Before diving straight into time series modeling in Python, let’s try to understand what a time series is. Most non-time series datasets include observations (or rows) that are independent of each other. For example, the dataset containing employees profile data such as employee id, years of experience (YOE), etc. as below. Each user has a unique id and is independent of the other user. Therefore, the order is not important for table #1 and table #2.

However, in time series data, observations are dependent of each other as they are measured over time. For example, the daily sales data for a store would contain records where each row would represent a day and their sales volume. Here, the rows are somewhat linked with the previous row. Therefore, the order of the data becomes very important.

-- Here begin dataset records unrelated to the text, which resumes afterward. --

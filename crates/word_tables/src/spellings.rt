// The words of crunching, as two tables that are lent together: the bytes of all words, in capitals, with a token for each behind them; and
// an index with the start of each word, its place in its list, and where each group of words begins.
// The V2 words, the operators, the TSB words, the escape names and the words of BASIC 3.5 stand one list behind the other. Within a list
// the words that begin with one byte stand together, in the list's order; the groups stand in the order of these bytes, 20 to 5F.
// A public call has each table built once, and lends it down from there.
ghost use Rattle.std.specs.Prelude.{◌≡◌};
ghost use Rattle.word_tables.specs.StoredHelpers.{word_bytes, word_index};

use crate::Words;

// How many V2 words there are.
pub const V2_WORDS: usize = 68;

// Where the tokens begin behind the bytes of the words.
pub const TOKENS: usize = 1727;

// Where the places begin in the index.
pub const PLACES: usize = 362;

// Where the groups begin in the index: for each list one for each byte from 20 to 5F, and at last the end of all words.
pub const GROUPS: usize = 723;

// The words, and behind them for each word the token of an operator or of a word of V2 or BASIC 3.5, the byte behind 64 of a TSB word, or
// the code of an escape name.
pub const WORD_BYTES: [u8; 2088] = *b"\
    ANDABSATNASCCONTCLRCMDCLOSECOSCHR$DATADIMDEFENDEXPFORFNFREGOTOGOSUBGETGOINPUT#INPUTIFINTLETLOAD\
    LISTLOGLENLEFT$MID$NEXTNEWNOTONOPENORPOKEPRINT#PRINTPOSPEEKREADRUNRESTORERETURNREMRNDRIGHT$STOP\
    SAVESYSSPC(STEPSGNSQRSINSTR$TAB(TOTHENTANUSRVERIFYVALWAIT\
    *+-/<=>^\
    AUTOAT(ANGLARCBLOCKBCKGNDSBFLASHCHARCIRCLECMOBCHECKCOLORCOLOURCLSCSETCALLCENTERCENTRECGOTOCOPY\
    COLDDRAWDOWNBDOWNWDESIGNDETECTDISPLAYDODISABLEDELAYDIRDUMPDISKDIVDUPD!END PROCEND LOOPENVELOPE\
    EXITEXECELSEERREXORFCHRFCOLFILLFRACFLASHFETCHFINDGRAPHICSGLOBALHI COLHIRESHRDCPYINVINKEYINSERT\
    INSTJOYKEYLOW COLLINELEFTWLEFTBLOOPLOCALLINMOB SETMOBCOLMOVEMULTIMMOBMOBMAPMEMMUSICMERGEMOD\
    NO ERRORNRMON KEYON ERROROPTIONOLDOFFOUTPLOTPLACEPAINTPLAYPROCPAUSEPAGEPOTPENXPENYRECROTRIGHTB\
    RIGHTWRLOCMOBREPEATRCOMPRESUMERETRACERESETRENUMBERSOUNDSECURESCRSVSCRLDTEXTTRACETESTUPBUPWUNTIL\
    USEVOLWAVEX!\
    ARROW LEFTARROW UPBLACKBLKBLUEBLUBROWNCYANCYNCLEARCLRCRCM +CM -CM @CM ASTERISKCM *CM POUND\
    CM SPACECM UP ARROWCT UP ARROWDARK GREYDARK GRAYDOWNDELDELETEESCF1F2F3F4F5F6F7F8GREENGRNGREY1\
    GRAY1GREYGRAYGREY2GRAY2GREY3GRAY3HOMEINSTINSERTLIGHT REDLREDLIGHT GREENLGRNLGREENLIGHT BLUELBLU\
    LBLUELIGHT GREYLIGHT GRAYLGREYLGRAYLEFTLFMAGENTAMEDIUM GREYMEDIUM GRAYORANGEORNGPURPLEPURPINK\
    POUNDPIREDRIGHTRETURNRVS ONRVSONRVONREVERSE ONRVS OFFRVSOFFRVOFREVERSE OFFRUNSPACESTOP\
    SH ASTERISKSH *SHIFT ASTERISKSHIFT *SH +SH -SH /SH @SH POUNDSH SPACESHIFT SPACESH CURSOR DOWN\
    SH CURSOR UPSH CURSOR LEFTSH CURSOR RIGHTSH UPSH DOWNSH LEFTSH RIGHTSH HOMESH RETURNUPWHITEWHT\
    YELLOWYEL\
    AUTOBOXBACKUPCHARCIRCLECOLORCOLLECTCOPYDECDRAWDODIRECTORYDSAVEDLOADDELETEERR$ELSEEXITGRAPHIC\
    GSHAPEHEX$HELPHEADERINSTRJOYKEYLOCATELOOPMONITORPUDEFPAINTRGRRCLRRLUMRDOTRESUMERENAMERENUMBER\
    SOUNDSSHAPESCNCLRSCALESCRATCHTRAPTRONTROFFUSINGUNTILVOLWHILE\
    \xAF\xB6\xC1\xC6\x9A\x9C\x9D\xA0\xBE\xC7\x83\x86\x96\x80\xBD\x81\xA5\xB8\x89\x8D\xA1\xCB\x84\x85\
    \x8B\xB5\x88\x93\x9B\xBC\xC3\xC8\xCA\x82\xA2\xA8\x91\x9F\xB0\x97\x98\x99\xB9\xC2\x87\x8A\x8C\x8E\
    \x8F\xBB\xC9\x90\x94\x9E\xA6\xA9\xB4\xBA\xBF\xC4\xA3\xA4\xA7\xC0\xB7\x95\xC5\x92\
    \xAC\xAA\xAB\xAD\xB3\xB2\xB1\xAE\
    \x4F\x28\x6A\x6B\x04\x65\x1C\x0B\x42\x64\x7C\x1A\x1A\x3C\x70\x32\x23\x23\x25\x77\x6C\x0A\x15\x16\
    \x62\x7B\x7D\x22\x38\x3B\x4A\x4C\x72\x53\x55\x54\x34\x36\x24\x35\x33\x47\x7E\x5A\x05\x06\x07\x0E\
    \x1F\x27\x4D\x61\x2E\x0C\x01\x73\x0D\x56\x5B\x57\x51\x74\x76\x03\x13\x14\x3A\x45\x59\x1D\x41\x0F\
    \x19\x1B\x68\x3E\x7A\x1E\x78\x52\x44\x67\x37\x43\x4E\x50\x69\x7F\x02\x10\x75\x21\x31\x66\x4B\x5C\
    \x5D\x5F\x08\x09\x17\x18\x63\x20\x46\x39\x48\x30\x79\x60\x40\x6D\x6E\x6F\x49\x58\x11\x12\x29\x2C\
    \x71\x26\x3D\
    \x5F\x5E\x90\x90\x1F\x1F\x95\x9F\x9F\x93\x93\x0D\xA6\xDC\xA4\xDF\xDF\xA8\xA0\xDE\x1E\x97\x97\x11\
    \x14\x14\x1B\x85\x89\x86\x8A\x87\x8B\x88\x8C\x1E\x1E\x97\x97\x98\x98\x98\x98\x9B\x9B\x13\x94\x94\
    \x96\x96\x99\x99\x99\x9A\x9A\x9A\x9B\x9B\x9B\x9B\x9D\x0A\x9C\x98\x98\x81\x81\x9C\x9C\x96\x5C\xFF\
    \x1C\x1D\x0D\x12\x12\x12\x12\x92\x92\x92\x92\x83\x20\x03\xC0\xC0\xC0\xC0\xDB\xDD\xDF\xBA\xA9\xA0\
    \xA0\x91\x11\x1D\x9D\x91\x11\x1D\x9D\x93\x8D\x91\x05\x05\x9E\x9E\
    \xDC\xE1\xF6\xE0\xE2\xE7\xF3\xF4\xD1\xE5\xEB\xEE\xEF\xF0\xF7\xD3\xD5\xED\xDE\xE3\xD2\xEA\xF1\xD4\
    \xCF\xF9\xE6\xEC\xFA\xDD\xDF\xCC\xCD\xCE\xD0\xD6\xF5\xF8\xDA\xE4\xE8\xE9\xF2\xD7\xD8\xD9\xFB\xFC\
    \xDB\xFD";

## Introduction to time series modeling

Since the basic rules of a general ML-based model are that the observations should be independent of each other; therefore, the ML models can’t be applied directly to these datasets. This is where time series modeling (aka forecasting) comes into the picture.

Time series modeling or forecasting is used to predict events through a sequence of time. It predicts future events by analyzing the trends of the past, on the assumption that future trends will hold similar to historical trends. Therefore, the application of time series modeling is almost everywhere in the real world, such as forecasting company sales/revenue, predicting stock prices, weather forecasts, etc.

## Common Approaches

Let’s look at some common approaches or modeling techniques used to forecast time series data.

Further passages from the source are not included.